__Work to be completed__: Go through the lines below and copy each one that holds the string "batch".

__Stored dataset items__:
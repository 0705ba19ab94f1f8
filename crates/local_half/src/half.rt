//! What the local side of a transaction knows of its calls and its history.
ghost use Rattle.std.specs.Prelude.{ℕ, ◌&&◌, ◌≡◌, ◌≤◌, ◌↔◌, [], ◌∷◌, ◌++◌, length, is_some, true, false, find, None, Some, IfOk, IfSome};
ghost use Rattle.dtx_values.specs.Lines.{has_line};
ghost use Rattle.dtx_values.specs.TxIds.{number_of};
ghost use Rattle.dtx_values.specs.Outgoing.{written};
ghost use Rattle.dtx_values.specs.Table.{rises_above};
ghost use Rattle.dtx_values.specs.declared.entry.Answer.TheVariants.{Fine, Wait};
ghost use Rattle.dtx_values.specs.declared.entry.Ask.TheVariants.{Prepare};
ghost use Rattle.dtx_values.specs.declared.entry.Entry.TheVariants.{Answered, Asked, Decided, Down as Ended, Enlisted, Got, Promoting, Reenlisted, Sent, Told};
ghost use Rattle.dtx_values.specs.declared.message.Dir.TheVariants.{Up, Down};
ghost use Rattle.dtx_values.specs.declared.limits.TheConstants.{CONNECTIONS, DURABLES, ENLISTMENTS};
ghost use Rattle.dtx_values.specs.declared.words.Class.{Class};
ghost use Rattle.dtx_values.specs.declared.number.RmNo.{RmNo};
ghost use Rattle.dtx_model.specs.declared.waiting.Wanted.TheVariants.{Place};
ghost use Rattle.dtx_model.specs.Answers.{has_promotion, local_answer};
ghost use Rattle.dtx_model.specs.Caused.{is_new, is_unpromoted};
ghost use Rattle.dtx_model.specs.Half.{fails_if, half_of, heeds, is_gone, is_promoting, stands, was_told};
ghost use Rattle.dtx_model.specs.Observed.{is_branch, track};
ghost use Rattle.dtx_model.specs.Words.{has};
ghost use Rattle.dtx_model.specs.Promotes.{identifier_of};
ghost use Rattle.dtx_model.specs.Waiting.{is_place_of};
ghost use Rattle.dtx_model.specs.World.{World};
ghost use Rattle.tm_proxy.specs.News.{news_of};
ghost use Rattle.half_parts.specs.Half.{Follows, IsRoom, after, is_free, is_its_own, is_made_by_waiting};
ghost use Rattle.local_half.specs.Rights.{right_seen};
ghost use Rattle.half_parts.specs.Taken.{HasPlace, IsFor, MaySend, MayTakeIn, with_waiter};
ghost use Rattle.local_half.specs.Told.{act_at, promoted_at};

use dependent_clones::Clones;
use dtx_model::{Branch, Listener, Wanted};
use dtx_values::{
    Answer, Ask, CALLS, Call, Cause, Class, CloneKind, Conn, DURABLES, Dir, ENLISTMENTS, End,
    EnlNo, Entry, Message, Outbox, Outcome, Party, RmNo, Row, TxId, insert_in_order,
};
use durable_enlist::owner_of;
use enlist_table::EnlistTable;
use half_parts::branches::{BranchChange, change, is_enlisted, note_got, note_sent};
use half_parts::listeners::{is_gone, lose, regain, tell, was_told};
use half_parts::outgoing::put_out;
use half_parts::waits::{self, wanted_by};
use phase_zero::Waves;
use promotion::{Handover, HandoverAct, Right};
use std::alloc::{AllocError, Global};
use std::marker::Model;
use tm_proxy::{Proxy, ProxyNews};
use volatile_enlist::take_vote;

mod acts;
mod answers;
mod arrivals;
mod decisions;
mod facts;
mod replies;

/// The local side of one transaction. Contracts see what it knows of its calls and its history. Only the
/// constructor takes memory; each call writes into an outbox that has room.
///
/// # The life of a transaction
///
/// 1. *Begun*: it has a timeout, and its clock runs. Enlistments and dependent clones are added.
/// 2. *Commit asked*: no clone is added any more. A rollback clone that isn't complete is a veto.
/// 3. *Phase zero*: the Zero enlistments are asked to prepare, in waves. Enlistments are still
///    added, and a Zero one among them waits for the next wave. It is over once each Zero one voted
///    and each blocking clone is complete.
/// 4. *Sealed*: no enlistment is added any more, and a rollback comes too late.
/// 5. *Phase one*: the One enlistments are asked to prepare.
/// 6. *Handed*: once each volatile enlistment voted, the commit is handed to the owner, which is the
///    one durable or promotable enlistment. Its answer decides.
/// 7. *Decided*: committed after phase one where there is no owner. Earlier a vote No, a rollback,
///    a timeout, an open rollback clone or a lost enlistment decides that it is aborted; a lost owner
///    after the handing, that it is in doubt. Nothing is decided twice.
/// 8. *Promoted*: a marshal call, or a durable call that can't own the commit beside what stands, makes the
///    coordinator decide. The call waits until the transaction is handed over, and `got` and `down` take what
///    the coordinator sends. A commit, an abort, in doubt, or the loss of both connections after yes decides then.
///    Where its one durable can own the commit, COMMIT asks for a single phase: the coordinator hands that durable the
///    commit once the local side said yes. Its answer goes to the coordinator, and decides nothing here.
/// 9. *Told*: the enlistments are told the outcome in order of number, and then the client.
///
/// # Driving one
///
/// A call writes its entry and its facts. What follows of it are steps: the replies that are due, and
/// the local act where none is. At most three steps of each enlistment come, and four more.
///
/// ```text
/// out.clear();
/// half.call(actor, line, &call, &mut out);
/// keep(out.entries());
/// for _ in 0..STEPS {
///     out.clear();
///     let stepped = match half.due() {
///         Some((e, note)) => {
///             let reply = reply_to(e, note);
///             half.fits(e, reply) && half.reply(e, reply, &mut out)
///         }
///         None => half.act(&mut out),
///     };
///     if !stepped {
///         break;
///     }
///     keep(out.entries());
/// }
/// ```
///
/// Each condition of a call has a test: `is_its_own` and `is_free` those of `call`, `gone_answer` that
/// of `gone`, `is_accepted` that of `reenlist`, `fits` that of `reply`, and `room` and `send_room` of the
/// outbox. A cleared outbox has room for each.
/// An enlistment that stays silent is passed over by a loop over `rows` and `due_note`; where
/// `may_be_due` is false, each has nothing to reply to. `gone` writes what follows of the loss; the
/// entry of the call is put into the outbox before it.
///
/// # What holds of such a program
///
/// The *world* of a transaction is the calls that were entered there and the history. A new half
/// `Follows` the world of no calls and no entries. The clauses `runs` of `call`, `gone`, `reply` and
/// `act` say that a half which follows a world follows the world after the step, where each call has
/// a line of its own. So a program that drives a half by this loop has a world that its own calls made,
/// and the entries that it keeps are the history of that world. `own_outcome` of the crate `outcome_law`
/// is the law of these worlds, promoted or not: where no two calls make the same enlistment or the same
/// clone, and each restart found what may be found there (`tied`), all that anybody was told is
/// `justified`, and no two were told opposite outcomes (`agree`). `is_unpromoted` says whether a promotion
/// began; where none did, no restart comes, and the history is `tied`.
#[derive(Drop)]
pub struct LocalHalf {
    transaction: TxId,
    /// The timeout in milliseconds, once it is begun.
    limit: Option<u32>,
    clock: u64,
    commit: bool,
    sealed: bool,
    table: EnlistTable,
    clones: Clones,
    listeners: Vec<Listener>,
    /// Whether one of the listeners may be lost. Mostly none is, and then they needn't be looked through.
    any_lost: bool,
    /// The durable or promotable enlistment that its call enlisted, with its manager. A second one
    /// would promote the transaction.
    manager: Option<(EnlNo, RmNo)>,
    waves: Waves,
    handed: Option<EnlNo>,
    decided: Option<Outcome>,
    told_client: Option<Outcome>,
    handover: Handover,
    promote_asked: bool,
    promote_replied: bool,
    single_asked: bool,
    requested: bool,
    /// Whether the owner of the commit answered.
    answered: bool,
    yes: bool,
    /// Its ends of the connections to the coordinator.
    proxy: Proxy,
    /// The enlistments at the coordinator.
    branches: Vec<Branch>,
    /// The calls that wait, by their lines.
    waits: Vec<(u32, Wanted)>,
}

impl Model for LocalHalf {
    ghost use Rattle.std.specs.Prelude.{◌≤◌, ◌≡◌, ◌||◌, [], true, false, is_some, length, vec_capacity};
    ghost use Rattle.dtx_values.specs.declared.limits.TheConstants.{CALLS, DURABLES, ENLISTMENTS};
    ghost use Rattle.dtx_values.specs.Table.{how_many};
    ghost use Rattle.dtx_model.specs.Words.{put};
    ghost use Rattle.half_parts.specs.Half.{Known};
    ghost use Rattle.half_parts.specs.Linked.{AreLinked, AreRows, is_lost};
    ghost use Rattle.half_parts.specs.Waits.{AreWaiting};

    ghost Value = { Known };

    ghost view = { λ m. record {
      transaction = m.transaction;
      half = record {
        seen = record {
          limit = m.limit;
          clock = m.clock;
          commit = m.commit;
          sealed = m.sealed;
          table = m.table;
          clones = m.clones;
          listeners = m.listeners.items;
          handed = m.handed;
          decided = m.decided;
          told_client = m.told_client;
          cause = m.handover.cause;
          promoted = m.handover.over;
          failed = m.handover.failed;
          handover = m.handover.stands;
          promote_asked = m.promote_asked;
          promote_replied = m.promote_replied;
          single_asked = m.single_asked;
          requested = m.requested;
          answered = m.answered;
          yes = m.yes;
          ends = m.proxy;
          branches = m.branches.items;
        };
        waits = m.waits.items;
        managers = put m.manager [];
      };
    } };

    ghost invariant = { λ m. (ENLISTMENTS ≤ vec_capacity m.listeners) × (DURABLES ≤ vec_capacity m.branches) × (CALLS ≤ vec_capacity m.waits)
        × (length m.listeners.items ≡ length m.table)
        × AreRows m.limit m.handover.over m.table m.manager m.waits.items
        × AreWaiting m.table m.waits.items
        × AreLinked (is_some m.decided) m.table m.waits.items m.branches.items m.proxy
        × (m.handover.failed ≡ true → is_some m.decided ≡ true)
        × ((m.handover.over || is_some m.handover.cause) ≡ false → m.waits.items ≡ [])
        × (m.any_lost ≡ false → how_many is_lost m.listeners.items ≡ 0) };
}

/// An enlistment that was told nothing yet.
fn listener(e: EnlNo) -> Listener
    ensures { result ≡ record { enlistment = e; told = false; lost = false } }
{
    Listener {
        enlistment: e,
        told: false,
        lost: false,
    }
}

==

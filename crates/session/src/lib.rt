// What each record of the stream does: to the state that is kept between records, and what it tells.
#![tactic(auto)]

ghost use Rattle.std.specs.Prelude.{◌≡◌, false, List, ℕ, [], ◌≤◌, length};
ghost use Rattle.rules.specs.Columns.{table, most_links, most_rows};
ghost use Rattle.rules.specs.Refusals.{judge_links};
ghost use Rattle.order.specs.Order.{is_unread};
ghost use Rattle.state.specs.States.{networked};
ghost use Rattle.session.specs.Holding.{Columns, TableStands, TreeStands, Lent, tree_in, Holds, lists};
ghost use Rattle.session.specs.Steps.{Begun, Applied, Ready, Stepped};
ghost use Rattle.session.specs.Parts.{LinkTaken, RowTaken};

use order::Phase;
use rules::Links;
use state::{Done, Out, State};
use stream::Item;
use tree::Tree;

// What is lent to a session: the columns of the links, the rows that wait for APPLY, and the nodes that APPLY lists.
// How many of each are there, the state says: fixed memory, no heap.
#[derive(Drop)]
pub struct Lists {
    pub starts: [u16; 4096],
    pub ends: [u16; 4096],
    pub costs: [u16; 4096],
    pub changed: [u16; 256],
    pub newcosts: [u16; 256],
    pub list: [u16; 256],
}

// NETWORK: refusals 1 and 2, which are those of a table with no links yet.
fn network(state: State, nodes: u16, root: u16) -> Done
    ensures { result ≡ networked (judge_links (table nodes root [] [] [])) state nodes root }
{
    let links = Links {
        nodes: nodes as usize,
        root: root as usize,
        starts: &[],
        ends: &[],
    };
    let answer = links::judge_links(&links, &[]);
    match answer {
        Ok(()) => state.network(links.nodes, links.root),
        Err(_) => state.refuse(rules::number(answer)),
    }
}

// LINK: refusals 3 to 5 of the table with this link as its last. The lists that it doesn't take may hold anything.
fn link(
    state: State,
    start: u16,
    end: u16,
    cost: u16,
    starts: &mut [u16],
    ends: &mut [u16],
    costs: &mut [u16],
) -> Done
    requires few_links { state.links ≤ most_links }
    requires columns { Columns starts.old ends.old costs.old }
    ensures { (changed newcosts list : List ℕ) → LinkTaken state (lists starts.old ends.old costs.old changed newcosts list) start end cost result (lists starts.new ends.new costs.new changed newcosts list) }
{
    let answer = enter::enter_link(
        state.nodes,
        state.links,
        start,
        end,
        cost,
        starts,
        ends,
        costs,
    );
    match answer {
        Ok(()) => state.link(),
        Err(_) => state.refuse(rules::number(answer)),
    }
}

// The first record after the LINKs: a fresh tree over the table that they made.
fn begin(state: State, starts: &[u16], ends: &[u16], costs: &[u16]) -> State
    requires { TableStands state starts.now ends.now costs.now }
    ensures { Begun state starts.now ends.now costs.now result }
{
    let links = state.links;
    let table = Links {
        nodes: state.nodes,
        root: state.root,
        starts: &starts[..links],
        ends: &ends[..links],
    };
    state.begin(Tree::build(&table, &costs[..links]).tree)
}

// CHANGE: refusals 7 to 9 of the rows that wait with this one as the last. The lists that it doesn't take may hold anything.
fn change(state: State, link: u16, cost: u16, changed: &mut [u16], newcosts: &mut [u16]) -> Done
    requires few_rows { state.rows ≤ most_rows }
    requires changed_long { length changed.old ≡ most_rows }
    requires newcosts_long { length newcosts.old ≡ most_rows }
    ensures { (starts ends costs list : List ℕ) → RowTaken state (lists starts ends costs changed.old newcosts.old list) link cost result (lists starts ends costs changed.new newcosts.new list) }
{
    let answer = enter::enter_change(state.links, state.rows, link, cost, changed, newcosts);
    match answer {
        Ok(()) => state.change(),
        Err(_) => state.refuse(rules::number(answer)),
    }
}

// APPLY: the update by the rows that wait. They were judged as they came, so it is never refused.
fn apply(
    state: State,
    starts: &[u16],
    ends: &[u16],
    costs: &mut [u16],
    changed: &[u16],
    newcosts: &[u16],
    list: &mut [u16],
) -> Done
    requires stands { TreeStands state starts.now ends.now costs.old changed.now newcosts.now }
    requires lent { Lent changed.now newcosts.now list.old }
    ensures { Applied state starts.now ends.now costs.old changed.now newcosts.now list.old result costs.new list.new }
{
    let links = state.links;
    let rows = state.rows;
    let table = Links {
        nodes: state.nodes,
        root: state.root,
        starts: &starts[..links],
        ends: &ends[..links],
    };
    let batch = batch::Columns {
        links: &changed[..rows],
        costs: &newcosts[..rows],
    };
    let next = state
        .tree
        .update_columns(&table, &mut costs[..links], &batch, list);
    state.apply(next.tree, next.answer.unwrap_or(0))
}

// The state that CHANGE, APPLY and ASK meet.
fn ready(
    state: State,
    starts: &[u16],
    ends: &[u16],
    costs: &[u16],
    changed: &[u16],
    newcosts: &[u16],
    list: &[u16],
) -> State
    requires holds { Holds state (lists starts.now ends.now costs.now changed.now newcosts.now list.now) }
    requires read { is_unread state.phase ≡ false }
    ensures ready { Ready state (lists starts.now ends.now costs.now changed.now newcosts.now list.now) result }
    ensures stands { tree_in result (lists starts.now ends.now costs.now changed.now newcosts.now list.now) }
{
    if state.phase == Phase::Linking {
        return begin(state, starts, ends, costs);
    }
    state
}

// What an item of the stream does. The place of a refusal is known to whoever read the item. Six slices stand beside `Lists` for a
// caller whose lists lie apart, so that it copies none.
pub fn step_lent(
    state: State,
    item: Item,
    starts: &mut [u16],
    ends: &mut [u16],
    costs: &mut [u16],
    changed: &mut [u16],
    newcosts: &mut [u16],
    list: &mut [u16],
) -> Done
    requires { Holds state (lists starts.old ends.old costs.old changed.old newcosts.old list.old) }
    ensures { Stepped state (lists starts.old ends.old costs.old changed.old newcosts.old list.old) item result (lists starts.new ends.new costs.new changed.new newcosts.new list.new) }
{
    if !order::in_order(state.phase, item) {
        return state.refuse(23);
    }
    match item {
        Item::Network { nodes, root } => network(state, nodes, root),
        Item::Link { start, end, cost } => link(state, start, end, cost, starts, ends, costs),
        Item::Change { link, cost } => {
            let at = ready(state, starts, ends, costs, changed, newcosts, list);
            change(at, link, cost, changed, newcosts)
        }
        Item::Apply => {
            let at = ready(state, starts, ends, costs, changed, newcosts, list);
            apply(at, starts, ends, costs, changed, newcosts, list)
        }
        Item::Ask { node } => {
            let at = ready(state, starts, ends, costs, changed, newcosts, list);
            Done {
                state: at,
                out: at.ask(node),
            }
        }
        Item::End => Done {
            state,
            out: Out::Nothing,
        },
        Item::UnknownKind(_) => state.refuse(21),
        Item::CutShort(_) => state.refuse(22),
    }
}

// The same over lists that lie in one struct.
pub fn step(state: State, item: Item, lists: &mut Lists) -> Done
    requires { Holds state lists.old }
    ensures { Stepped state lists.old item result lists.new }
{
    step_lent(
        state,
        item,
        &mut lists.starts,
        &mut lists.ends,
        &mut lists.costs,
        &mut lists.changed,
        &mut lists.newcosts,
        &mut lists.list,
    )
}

--

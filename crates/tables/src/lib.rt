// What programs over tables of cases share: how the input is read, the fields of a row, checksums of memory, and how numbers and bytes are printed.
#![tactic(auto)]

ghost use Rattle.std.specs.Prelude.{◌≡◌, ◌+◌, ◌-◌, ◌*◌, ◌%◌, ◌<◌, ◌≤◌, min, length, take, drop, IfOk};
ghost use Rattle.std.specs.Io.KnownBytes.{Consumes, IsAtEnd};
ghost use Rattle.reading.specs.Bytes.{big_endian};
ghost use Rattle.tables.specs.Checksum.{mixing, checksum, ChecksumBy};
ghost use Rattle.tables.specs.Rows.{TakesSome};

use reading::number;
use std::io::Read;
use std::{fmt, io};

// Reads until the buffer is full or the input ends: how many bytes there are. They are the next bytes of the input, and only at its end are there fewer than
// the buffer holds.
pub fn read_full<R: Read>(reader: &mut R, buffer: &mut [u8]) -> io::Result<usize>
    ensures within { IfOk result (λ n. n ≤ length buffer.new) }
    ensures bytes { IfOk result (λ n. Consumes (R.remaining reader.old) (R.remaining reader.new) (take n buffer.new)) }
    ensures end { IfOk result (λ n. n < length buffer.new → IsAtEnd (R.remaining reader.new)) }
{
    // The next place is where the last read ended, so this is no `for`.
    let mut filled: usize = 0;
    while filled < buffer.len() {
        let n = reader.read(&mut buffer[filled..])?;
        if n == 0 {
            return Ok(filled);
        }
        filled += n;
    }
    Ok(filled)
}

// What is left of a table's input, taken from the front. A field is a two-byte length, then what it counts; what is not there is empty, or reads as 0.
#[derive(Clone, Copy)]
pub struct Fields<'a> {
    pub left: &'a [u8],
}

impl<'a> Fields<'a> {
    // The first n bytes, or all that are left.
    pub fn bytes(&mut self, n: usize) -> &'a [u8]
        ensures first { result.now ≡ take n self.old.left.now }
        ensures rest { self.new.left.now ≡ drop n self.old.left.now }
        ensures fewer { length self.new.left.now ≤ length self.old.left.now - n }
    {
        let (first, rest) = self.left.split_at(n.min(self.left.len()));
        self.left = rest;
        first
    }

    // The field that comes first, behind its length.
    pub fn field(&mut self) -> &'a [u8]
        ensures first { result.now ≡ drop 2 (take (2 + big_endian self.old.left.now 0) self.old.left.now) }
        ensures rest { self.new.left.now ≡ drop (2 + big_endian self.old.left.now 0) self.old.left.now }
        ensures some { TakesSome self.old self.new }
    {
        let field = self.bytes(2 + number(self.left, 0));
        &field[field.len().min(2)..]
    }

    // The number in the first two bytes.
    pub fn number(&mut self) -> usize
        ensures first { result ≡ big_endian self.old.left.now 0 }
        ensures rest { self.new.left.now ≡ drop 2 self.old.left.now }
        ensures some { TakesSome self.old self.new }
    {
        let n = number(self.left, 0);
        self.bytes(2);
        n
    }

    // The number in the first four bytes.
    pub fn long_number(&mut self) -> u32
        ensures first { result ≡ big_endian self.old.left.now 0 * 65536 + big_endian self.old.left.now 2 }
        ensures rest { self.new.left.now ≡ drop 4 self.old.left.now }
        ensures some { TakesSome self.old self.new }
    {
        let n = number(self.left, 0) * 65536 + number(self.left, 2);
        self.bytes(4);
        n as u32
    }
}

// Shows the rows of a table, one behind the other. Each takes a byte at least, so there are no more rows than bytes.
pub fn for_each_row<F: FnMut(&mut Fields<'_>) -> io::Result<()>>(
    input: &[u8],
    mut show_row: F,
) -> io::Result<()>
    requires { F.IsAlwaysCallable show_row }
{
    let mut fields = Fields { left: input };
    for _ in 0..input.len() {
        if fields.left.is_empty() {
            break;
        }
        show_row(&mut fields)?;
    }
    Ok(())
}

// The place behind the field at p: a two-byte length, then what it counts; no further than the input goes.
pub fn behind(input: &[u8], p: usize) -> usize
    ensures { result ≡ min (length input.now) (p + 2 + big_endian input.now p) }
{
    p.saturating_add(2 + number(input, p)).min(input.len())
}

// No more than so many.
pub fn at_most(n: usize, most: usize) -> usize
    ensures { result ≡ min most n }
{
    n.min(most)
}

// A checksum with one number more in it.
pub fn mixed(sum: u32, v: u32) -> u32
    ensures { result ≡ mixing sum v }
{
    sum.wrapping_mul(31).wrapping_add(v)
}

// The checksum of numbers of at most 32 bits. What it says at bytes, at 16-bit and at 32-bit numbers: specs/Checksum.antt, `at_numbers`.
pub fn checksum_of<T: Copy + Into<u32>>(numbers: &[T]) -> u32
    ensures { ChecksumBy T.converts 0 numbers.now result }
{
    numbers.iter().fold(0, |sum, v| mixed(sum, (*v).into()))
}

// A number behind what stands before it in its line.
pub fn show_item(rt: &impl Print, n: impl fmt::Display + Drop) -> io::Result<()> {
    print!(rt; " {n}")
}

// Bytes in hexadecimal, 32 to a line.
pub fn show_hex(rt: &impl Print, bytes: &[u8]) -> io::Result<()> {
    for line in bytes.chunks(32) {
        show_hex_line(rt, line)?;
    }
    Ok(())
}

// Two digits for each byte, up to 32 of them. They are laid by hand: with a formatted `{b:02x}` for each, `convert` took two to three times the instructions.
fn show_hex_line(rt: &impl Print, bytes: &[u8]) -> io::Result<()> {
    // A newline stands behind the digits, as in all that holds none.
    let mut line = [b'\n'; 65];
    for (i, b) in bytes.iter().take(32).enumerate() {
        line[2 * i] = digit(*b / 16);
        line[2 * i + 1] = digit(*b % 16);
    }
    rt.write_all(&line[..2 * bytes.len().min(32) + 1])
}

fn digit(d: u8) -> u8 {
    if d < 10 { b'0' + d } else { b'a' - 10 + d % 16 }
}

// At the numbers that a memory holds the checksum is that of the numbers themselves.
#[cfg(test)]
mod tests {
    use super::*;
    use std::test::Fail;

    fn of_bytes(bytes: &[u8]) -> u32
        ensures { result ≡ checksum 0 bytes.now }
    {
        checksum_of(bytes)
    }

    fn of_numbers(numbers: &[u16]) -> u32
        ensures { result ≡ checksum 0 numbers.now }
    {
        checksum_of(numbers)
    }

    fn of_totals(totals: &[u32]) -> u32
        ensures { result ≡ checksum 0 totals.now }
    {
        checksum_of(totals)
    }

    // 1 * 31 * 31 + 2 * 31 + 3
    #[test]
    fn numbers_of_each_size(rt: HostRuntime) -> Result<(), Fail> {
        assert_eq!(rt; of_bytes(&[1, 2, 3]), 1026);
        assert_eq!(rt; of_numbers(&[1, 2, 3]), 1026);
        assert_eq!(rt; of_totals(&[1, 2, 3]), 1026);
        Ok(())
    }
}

__Final answer__:
    let batch = batch::Columns {
        .update_columns(&table, &mut costs[..links], &batch, list);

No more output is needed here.